Exercise details: Should a line below contain the word "ScriptGuest", report it.

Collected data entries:
• • • • • • •

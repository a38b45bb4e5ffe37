//! What a secondary hears, and its turns between messages.

use crate::script::plays;
use node_secondary::Secondary;
use state_wire::ScriptGuest;
use std::test::Fail;

/// The guest's number is 31 * 0 + 2 + 1, which is 3, and then 31 * 3 + 1 + 1, which is 95.
const ONCE: &str = "\
hear number 00001388 : 2
says known 00001388 : yes
hear number 00001770 : 2
says known 00001388 : yes
says : nothing
hear end 00000001 : not due 11
hear end 00000001 00 : no message
hear frame syn : 1
turn 2 0 : -
turn 1 1 : 5
state 000000000000005F syn : yes
says sent answer : yes
hear begin 00000001 : 3
hear state 0000000000000064 : 4
hear end 00000001 : 11 commits 1
says ack 00000001 : yes
says : nothing
state 0000000000000064 : yes
turns : 2
";

/// Each message that isn't due outside a checkpoint, directly after its begin and within it: of
/// a checkpoint's numbers those below and above; a frame that isn't TCP; a state of 7 bytes and of
/// 1,523; a page and a sector where the guest has none; a line whose FIN would be at 2^31; and
/// bytes of no line, of a line that isn't opened, of one that ends at 2^31 - 1, and after a frame.
const NOT_DUE: &str = "\
hear plain datagram : not due 1
hear begin 00000000 : not due 3
hear begin 00000002 : not due 3
hear state 0000000000000064 : not due 4
hear page 00000000 *4096 : not due 5
hear disk 00000000 *512 : not due 6
hear write 00000000 *512 : not due 7
hear held syn : not due 8
hear line 01 opened 00000000 : not due 9
hear bytes 61 : not due 10
hear end 00000001 : not due 11
hear known 00001388 : not due 12
hear sent answer : not due 13
hear ack 00000001 : not due 14
hear begin 00000001 : 3
hear frame syn : not due 1
hear number 00001388 : not due 2
hear begin 00000001 : not due 3
hear 04 00000007 *7 : not due 4
hear 04 000005F3 *1523 : not due 4
hear page 00000000 *4096 : not due 5
hear disk 00000000 *512 : not due 6
hear write 00000000 *512 : not due 7
hear held syn : not due 8
hear line 01 opened 00000000 : not due 9
hear bytes 61 : not due 10
hear end 00000001 : not due 11
hear known 00001388 : not due 12
hear sent answer : not due 13
hear ack 00000001 : not due 14
hear state 0000000000000064 : 4
hear frame syn : not due 1
hear number 00001388 : not due 2
hear begin 00000001 : not due 3
hear begin 00000002 : not due 3
hear state 0000000000000064 : not due 4
hear page 00000000 *4096 : not due 5
hear disk 00000000 *512 : not due 6
hear write 00000000 *512 : not due 7
hear waits datagram : not due 8
hear line 09 opened 7FFFFFFF : not due 9
hear bytes 61 : not due 10
hear end 00000000 : not due 11
hear end 00000002 : not due 11
hear known 00001388 : not due 12
hear sent answer : not due 13
hear ack 00000001 : not due 14
hear line 00 *28 : 9
hear bytes 61 : not due 10
hear line 01 opened 7FFFFFFF : 9
hear bytes 61 : not due 10
hear line 01 opened 00000000 : 9
hear held syn : 8
hear bytes 61 : not due 10
hear line 01 opened 00000000 : 9
hear bytes 61 : 10
hear bytes 62 : 10
says : nothing
hear end 00000001 : 11 commits 1
says ack 00000001 : yes
says : nothing
turn 0 1 : 5
hear end 00000001 : not due 11
hear begin 00000001 : not due 3
hear begin 00000002 : 3
";

/// The guest's number is 2, 65, 2016 and 62497, which is 0xF421; the checkpoint's is 100, and then
/// 3104 and 96225, which are 0xC20 and 0x177E1; the second's is 200, and then 6201, which is
/// 0x1839.
const BETWEEN: &str = "\
hear number 00001770 : 2
says known 00001770 : yes
turn 1 0 : -
says sent answer : yes
hear begin 00000001 : 3
turn 2 0 : -
hear state 0000000000000064 : 4
turn 0 0 : -
hear held syn : 8
turn 0 1 : -
state 000000000000F421 : yes
turns : 4
hear line 01 opened 00000000 : 9
hear bytes 61 : 10
hear bytes 62 : 10
hear bytes 63 : 10
says : nothing
hear end 00000001 : 11 commits 1
says ack 00000001 : yes
state 0000000000000064 : yes
turns : 4
hear number 00001770 : 2
says known 00001388 : yes
turn 3 1 : 5
state 0000000000000C20 syn : yes
hear seen ack-5004 : 1
turn 0 1 : 6
state 00000000000177E1 ack-9004 : yes
hear begin 00000002 : 3
hear state 00000000000000C8 : 4
hear held syn : 8
hear state 0000000000000064 : not due 4
hear end 00000002 : 11 commits 2
says ack 00000002 : yes
state 00000000000000C8 : yes
hear number 00001770 : 2
says known 00001770 : yes
hear begin 00000003 : 3
hear state 0000000000000064 : 4
hear held syn : 8
hear begin 00000003 : not due 3
turn 0 1 : 5
state 0000000000001839 syn : yes
turn 0 1 : -
turns : 8
says : nothing
";

/// 4,096 frames wait.
const FULL: &str = "\
fill frame syn : 1
hear frame syn : 1 full
hear begin 00000001 : 3
hear state 0000000000000064 : 4
fill held syn : 8
hear held syn : not due 8
";

#[test]
fn a_number_a_frame_and_a_checkpoint_are_heard(rt: HostRuntime) -> Result<(), Fail> {
    plays::<_, Secondary<ScriptGuest>>(&rt, &[ONCE])
}

#[test]
fn what_is_not_due_is_refused_and_changes_nothing(rt: HostRuntime) -> Result<(), Fail> {
    plays::<_, Secondary<ScriptGuest>>(&rt, &[NOT_DUE])
}

#[test]
fn checkpoints_are_heard_between_turns(rt: HostRuntime) -> Result<(), Fail> {
    plays::<_, Secondary<ScriptGuest>>(&rt, &[BETWEEN])
}

#[test]
fn a_full_inbox_drops_frames_and_refuses_held_ones(rt: HostRuntime) -> Result<(), Fail> {
    plays::<_, Secondary<ScriptGuest>>(&rt, &[FULL])
}
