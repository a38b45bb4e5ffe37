//! Worked examples: each kind once, both ways, and bytes that are no message.

use colo_wire::{Message, WireFault, decode, encode};
use inet_frame::Tuple;
use std::alloc::Global;
use std::process::Abort;

/// The acknowledgement of checkpoint 1, and after it the primary's number 5000 for the connection
/// of 10.0.2.2, port 40000, to port 7 that its client opened with 1000.
const SPELLINGS: [u8; 30] = [
    0x0E, 0, 0, 0, 4, 0, 0, 0, 1, 0x02, 0, 0, 0, 0x10, 0x0A, 0, 2, 2, 0x9C, 0x40, 0, 7, 0, 0, 3,
    0xE8, 0, 0, 0x13, 0x88,
];

/// What stands before a waiting frame: index 5, an opening of client 1000 under 5000, trim 4.
const SEEN: &[u8] = &[
    0, 0, 0, 0, 0, 0, 0, 5, 1, 0, 0, 3, 0xE8, 0, 0, 0x13, 0x88, 0, 0, 0, 4,
];

/// The same where no opening was seen.
const UNSEEN: &[u8] = &[
    0, 0, 0, 0, 0, 0, 0, 5, 0, 0, 0, 0, 0, 0, 0, 0, 0, 0, 0, 0, 0,
];

/// A tuple and two numbers.
const NUMBERS: &[u8] = &[
    0x0A, 0, 2, 2, 0x9C, 0x40, 0, 7, 0, 0, 3, 0xE8, 0, 0, 0x13, 0x88,
];

/// A line with every field.
const LINE: &[u8] = &[
    0x0A, 0, 2, 2, 0x9C, 0x40, 0, 7, 0x52, 0x54, 0, 0xAA, 0, 1, 15, 0, 0, 3, 0xE8, 0, 0, 0x13,
    0x88, 0, 0, 0x13, 0x89, 0, 0, 7, 0xD0, 0x7F, 0xFF, 0xFF, 0xFF, 0x10, 0, 2, 0x18, 0, 0, 0, 3,
];

/// A line that isn't opened and has no refusal: all but its tuple and MAC is 0.
const CLOSED: &[u8] = &[
    0x0A, 0, 2, 2, 0x9C, 0x40, 0, 7, 0x52, 0x54, 0, 0xAA, 0, 1, 0, 0, 0, 0, 0, 0, 0, 0, 0, 0, 0, 0,
    0, 0, 0, 0, 0, 0, 0, 0, 0, 0, 0, 0, 0, 0, 0, 0, 0,
];

/// Each kind, and those of which something may be left out a second time: the kind, the front of
/// the body, and how many bytes follow.
const MESSAGES: [(u8, &[u8], usize); 16] = [
    (1, SEEN, 14),
    (2, NUMBERS, 0),
    (3, &[0, 0, 0, 1], 0),
    (4, &[], 11),
    (4, &[], 0),
    (5, &[0, 0, 0, 9], 4096),
    (6, &[0, 0, 0, 0x80], 1024),
    (7, &[0xFF, 0xFF, 0xFF, 0xFF], 512),
    (8, UNSEEN, 1514),
    (9, LINE, 0),
    (9, CLOSED, 0),
    (10, &[], 1),
    (11, &[0, 0, 0, 1], 0),
    (12, NUMBERS, 0),
    (13, &[], 14),
    (14, &[0, 0, 0, 1], 0),
];

/// The first bytes of what is no message, and why: a kind; a length that the kind doesn't allow,
/// each one off or in between; has-seen, a field that must be 0, and the flags of a line.
const OTHERS: [(&[u8], WireFault); 36] = [
    (&[0], WireFault::Kind),
    (&[15], WireFault::Kind),
    (&[255], WireFault::Kind),
    (&[2, 1], WireFault::Length),
    (&[1, 0, 0, 0, 34], WireFault::Length),
    (&[1, 0, 0, 6, 0], WireFault::Length),
    (&[2, 0, 0, 0, 15], WireFault::Length),
    (&[2, 0, 0, 0, 17], WireFault::Length),
    (&[3, 0, 0, 0, 3], WireFault::Length),
    (&[3, 0, 0, 0, 5], WireFault::Length),
    (&[4, 1, 0, 0, 1], WireFault::Length),
    (&[4, 0xFF, 0xFF, 0xFF, 0xFF], WireFault::Length),
    (&[5, 0, 0, 0x10, 3], WireFault::Length),
    (&[5, 0, 0, 0x10, 5], WireFault::Length),
    (&[6, 0, 0, 0, 4], WireFault::Length),
    (&[6, 0, 0, 2, 3], WireFault::Length),
    (&[6, 0, 0, 2, 5], WireFault::Length),
    (&[6, 0, 1, 2, 4], WireFault::Length),
    (&[7, 0, 0, 2, 3], WireFault::Length),
    (&[7, 0, 0, 2, 5], WireFault::Length),
    (&[8, 0, 0, 0, 34], WireFault::Length),
    (&[8, 0, 0, 6, 0], WireFault::Length),
    (&[9, 0, 0, 0, 42], WireFault::Length),
    (&[9, 0, 0, 0, 44], WireFault::Length),
    (&[10, 0, 0, 0, 0], WireFault::Length),
    (&[10, 0, 1, 0, 1], WireFault::Length),
    (&[11, 0, 0, 0, 5], WireFault::Length),
    (&[12, 0, 0, 0, 17], WireFault::Length),
    (&[13, 0, 0, 0, 13], WireFault::Length),
    (&[13, 0, 0, 5, 0xEB], WireFault::Length),
    (&[14, 0, 0, 0, 3], WireFault::Length),
    (
        &[1, 0, 0, 0, 35, 0, 0, 0, 0, 0, 0, 0, 5, 2],
        WireFault::Field,
    ),
    (
        &[1, 0, 0, 0, 35, 0, 0, 0, 0, 0, 0, 0, 5, 0, 1],
        WireFault::Field,
    ),
    (
        &[
            9, 0, 0, 0, 43, 10, 0, 2, 2, 0x9C, 0x40, 0, 7, 0x52, 0x54, 0, 0xAA, 0, 1, 16,
        ],
        WireFault::Field,
    ),
    (
        &[
            9, 0, 0, 0, 43, 10, 0, 2, 2, 0x9C, 0x40, 0, 7, 0x52, 0x54, 0, 0xAA, 0, 1, 8,
        ],
        WireFault::Field,
    ),
    (
        &[
            9, 0, 0, 0, 43, 10, 0, 2, 2, 0x9C, 0x40, 0, 7, 0x52, 0x54, 0, 0xAA, 0, 1, 2,
        ],
        WireFault::Field,
    ),
];

/// Appends so many bytes `a`; `false` where memory ran out.
fn put_fill(fill: usize, out: &mut Vec<u8>) -> bool {
    for _ in 0..fill {
        if out.push(b'a').is_err() {
            return false;
        }
    }
    true
}

/// Appends a message: its kind, the length of its body, the body's front, and bytes `a`.
fn put_spelled(kind: u8, front: &[u8], fill: usize, out: &mut Vec<u8>) -> bool {
    let len = (front.len() as u64).saturating_add(fill as u64);
    let [_, _, _, _, a, b, c, d] = len.to_be_bytes();
    out.push(kind).is_ok()
        && out.extend_from_slice(&[a, b, c, d]).is_ok()
        && out.extend_from_slice(front).is_ok()
        && put_fill(fill, out)
}

/// What reads and writes messages. No call has a clause, so that what the contracts say stands in
/// no goal of a test.
trait Codes {
    /// Why bytes don't begin with a message.
    fn fault(&self, bytes: &[u8]) -> Option<WireFault>;
    /// Appends the message with which bytes begin, as it is written again, and gives its size.
    fn again(&self, bytes: &[u8], out: &mut Vec<u8>) -> Option<usize>;
}

/// The messages of the pair.
#[derive(Clone, Copy)]
struct Coded(Global);

impl Codes for Coded {
    fn fault(&self, bytes: &[u8]) -> Option<WireFault> {
        decode(self.0, bytes).err()
    }

    fn again(&self, bytes: &[u8], out: &mut Vec<u8>) -> Option<usize> {
        let (message, size) = decode(self.0, bytes).ok()?;
        match encode(&message, out) {
            Ok(()) => Some(size),
            Err(_) => None,
        }
    }
}

/// Whether a message, with `more` the same and a byte after it, is read and written again.
fn is_again<C: Codes>(alloc: Global, coded: &C, bytes: &[u8], more: &[u8]) -> bool {
    let mut out = Vec::new(alloc);
    coded.again(more, &mut out) == Some(bytes.len()) && out.as_slice() == bytes
}

/// Reads a message with a byte after it, and writes it again.
fn is_read_and_written<C: Codes>(alloc: Global, coded: &C, bytes: &[u8]) -> bool {
    let mut more = Vec::new(alloc);
    more.extend_from_slice(bytes).is_ok()
        && more.push(9).is_ok()
        && is_again(alloc, coded, bytes, &more)
}

/// Whether each shorter front of a message is its beginning.
fn are_begun<C: Codes>(coded: &C, bytes: &[u8]) -> bool {
    for n in 0..bytes.len() {
        if coded.fault(&bytes[..n]) != Some(WireFault::More) {
            return false;
        }
    }
    true
}

/// Whether a message of a kind is read and written, and each shorter front of it is its beginning.
fn is_whole<C: Codes>(alloc: Global, coded: &C, kind: u8, front: &[u8], fill: usize) -> bool {
    let mut bytes = Vec::new(alloc);
    put_spelled(kind, front, fill, &mut bytes)
        && are_begun(coded, &bytes)
        && is_read_and_written(alloc, coded, &bytes)
}

/// Asserts that each kind is read and written.
fn are_read_and_written<R: Abort + AllocGlobal, C: Codes>(rt: &R, coded: &C) {
    for (kind, front, fill) in MESSAGES {
        assert!(rt;
            is_whole(rt.alloc(), coded, kind, front, fill),
            "kind {kind}"
        );
    }
}

fn is_refused<C: Codes>(coded: &C, bytes: &[u8], fault: WireFault) -> bool {
    coded.fault(bytes) == Some(fault)
}

/// Asserts why each of the others is refused.
fn are_refused<R: Abort, C: Codes>(rt: &R, coded: &C) {
    for (bytes, fault) in OTHERS {
        assert!(rt; is_refused(coded, bytes, fault), "{bytes:?}");
    }
}

#[test]
fn each_kind_is_read_and_written(rt: HostRuntime) {
    are_read_and_written(&rt, &Coded(rt.alloc()));
}

fn put_ack(out: &mut Vec<u8>) -> bool {
    encode(&Message::Ack { e: 1 }, out).is_ok()
}

fn put_number(out: &mut Vec<u8>) -> bool {
    let tuple = Tuple {
        addr: 0x0A00_0202,
        port: 40000,
        guest: 7,
    };
    let number = Message::Number {
        tuple,
        client: 1000,
        number: 5000,
    };
    encode(&number, out).is_ok()
}

#[test]
fn spellings(rt: HostRuntime) {
    let mut out = Vec::new(rt.alloc());
    assert!(rt; put_ack(&mut out) && put_number(&mut out));
    assert!(rt; out.as_slice() == SPELLINGS.as_slice());
}

#[test]
fn others_are_refused(rt: HostRuntime) {
    are_refused(&rt, &Coded(rt.alloc()));
}
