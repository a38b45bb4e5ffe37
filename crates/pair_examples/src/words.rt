//! The words of a line.

/// The first word of a text, and the rest.
pub fn cut(text: &str) -> (&str, &str) {
    text.split_once(' ').unwrap_or((text, ""))
}

/// The number that a word spells, 0 where it is left out.
pub fn number(word: &str) -> u32 {
    word.parse().unwrap_or(0)
}
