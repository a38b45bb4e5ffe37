//! The test guest, as a table drives it.

use colo_base::Frames;
use state_wire::{Guest, ScriptGuest};
use std::alloc::Global;

/// What the tests drive. No call has a clause, so that what the contracts say stands in no goal of
/// a test; `false` is also where memory ran out.
trait Driven {
    /// One over a table that has made no turn.
    fn start(alloc: Global, table: Vec<Frames>) -> Self
    where
        Self: Sized;
    /// Makes a turn without a frame.
    fn go(&mut self, ticks: u64, out: &mut Frames) -> bool;
    /// Makes a turn with a frame of fourteen bytes.
    fn take(&mut self, ticks: u64, frame: &[u8; 14], out: &mut Frames) -> bool;
    /// Appends its state.
    fn add_state(&self, into: &mut Vec<u8>) -> bool;
    /// Whether these bytes are a state.
    fn is_state(&self, bytes: &[u8]) -> bool;
    /// Makes these bytes its state, where they are one.
    fn load(&mut self, bytes: &[u8]) -> bool;
    /// How many turns it made.
    fn count(&self) -> u64;
    /// Whether it has pages or sectors.
    fn has_parts(&self) -> bool;
}

impl Driven for ScriptGuest {
    fn start(alloc: Global, table: Vec<Frames>) -> ScriptGuest {
        ScriptGuest::new(alloc, table)
    }

    fn go(&mut self, ticks: u64, out: &mut Frames) -> bool {
        self.turn(ticks, None, 0, 0, out).is_ok()
    }

    fn take(&mut self, ticks: u64, frame: &[u8; 14], out: &mut Frames) -> bool {
        self.turn(ticks, Some(frame.as_slice()), 0, 0, out).is_ok()
    }

    fn add_state(&self, into: &mut Vec<u8>) -> bool {
        self.state(into).is_ok()
    }

    fn is_state(&self, bytes: &[u8]) -> bool {
        self.accepts(bytes)
    }

    fn load(&mut self, bytes: &[u8]) -> bool {
        self.accepts(bytes) && self.load_state(bytes).is_ok()
    }

    fn count(&self) -> u64 {
        self.turned()
    }

    fn has_parts(&self) -> bool {
        self.pages() != 0
            || self.sectors() != 0
            || self.page(0).is_some()
            || self.sector(0).is_some()
    }
}

/// The frames of a place.
fn two(alloc: Global) -> Option<Frames> {
    let mut two = Frames::new(alloc);
    if two.push(b"first frame..").is_ok() && two.push(b"second").is_ok() {
        Some(two)
    } else {
        None
    }
}

/// A table whose second place has two frames, and whose first has none.
fn table(alloc: Global) -> Option<Vec<Frames>> {
    let two = two(alloc)?;
    let mut table = Vec::new(alloc);
    if table.push(Frames::new(alloc)).is_ok() && table.push(two).is_ok() {
        Some(table)
    } else {
        None
    }
}

/// A guest over the table that has made no turn.
fn started<D: Driven>(alloc: Global) -> Option<D> {
    match table(alloc) {
        Some(table) => Some(D::start(alloc, table)),
        None => None,
    }
}

/// The state after two turns. 31 * 0 + 1 + 1 is 2, and 31 * 2 + 2 + 1 is 65.
const STATE: &[u8] = b"\0\0\0\0\0\0\0Afourteen bytes";

/// What two turns send; `None` where memory ran out.
fn sent<D: Driven>(alloc: Global, guest: &mut D) -> Option<Frames> {
    let mut out = Frames::new(alloc);
    if guest.take(1, b"fourteen bytes", &mut out) && guest.go(2, &mut out) {
        Some(out)
    } else {
        None
    }
}

fn are_sent(out: &Frames) -> bool {
    out.len() == 2 && out.get(1) == Some(b"second".as_slice())
}

/// Whether two turns send what stands in their places.
fn sends_its_place<D: Driven>(alloc: Global, guest: &mut D) -> bool {
    match sent(alloc, guest) {
        Some(out) => are_sent(&out) && guest.count() == 2,
        None => false,
    }
}

/// Whether a guest has the state above.
fn has_state<D: Driven>(alloc: Global, guest: &D) -> bool {
    let mut state = Vec::new(alloc);
    guest.add_state(&mut state) && state.as_slice() == STATE
}

/// Whether a guest sends its places, and has the state above then.
fn is_driven<D: Driven + Drop>(alloc: Global) -> bool {
    match started::<D>(alloc) {
        Some(mut guest) => sends_its_place(alloc, &mut guest) && has_state(alloc, &guest),
        None => false,
    }
}

/// Whether another guest loads that state, which is no turn.
fn is_loaded<D: Driven + Drop>(alloc: Global) -> bool {
    match started::<D>(alloc) {
        Some(mut guest) => guest.load(STATE) && has_state(alloc, &guest) && guest.count() == 0,
        None => false,
    }
}

/// Whether a guest has no pages and no sectors, and a state has eight bytes at least.
fn has_no_parts<D: Driven + Drop>(alloc: Global) -> bool {
    match started::<D>(alloc) {
        Some(guest) => !guest.has_parts() && !guest.is_state(&[0; 7]) && guest.is_state(&[0; 8]),
        None => false,
    }
}

#[test]
fn a_turn_sends_its_place_of_the_table(rt: HostRuntime) {
    assert!(rt; is_driven::<ScriptGuest>(rt.alloc()));
    assert!(rt; is_loaded::<ScriptGuest>(rt.alloc()));
}

#[test]
fn there_are_no_pages_and_no_sectors(rt: HostRuntime) {
    assert!(rt; has_no_parts::<ScriptGuest>(rt.alloc()));
}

• • • • • • •

Reply to the task:
use state_wire::ScriptGuest;
    plays::<_, Secondary<ScriptGuest>>(&rt, &[ONCE])
    plays::<_, Secondary<ScriptGuest>>(&rt, &[NOT_DUE])
    plays::<_, Secondary<ScriptGuest>>(&rt, &[BETWEEN])
    plays::<_, Secondary<ScriptGuest>>(&rt, &[FULL])
use state_wire::{Guest, ScriptGuest};
impl Driven for ScriptGuest {
    fn start(alloc: Global, table: Vec<Frames>) -> ScriptGuest {
        ScriptGuest::new(alloc, table)
    assert!(rt; is_driven::<ScriptGuest>(rt.alloc()));
    assert!(rt; is_loaded::<ScriptGuest>(rt.alloc()));
    assert!(rt; has_no_parts::<ScriptGuest>(rt.alloc()));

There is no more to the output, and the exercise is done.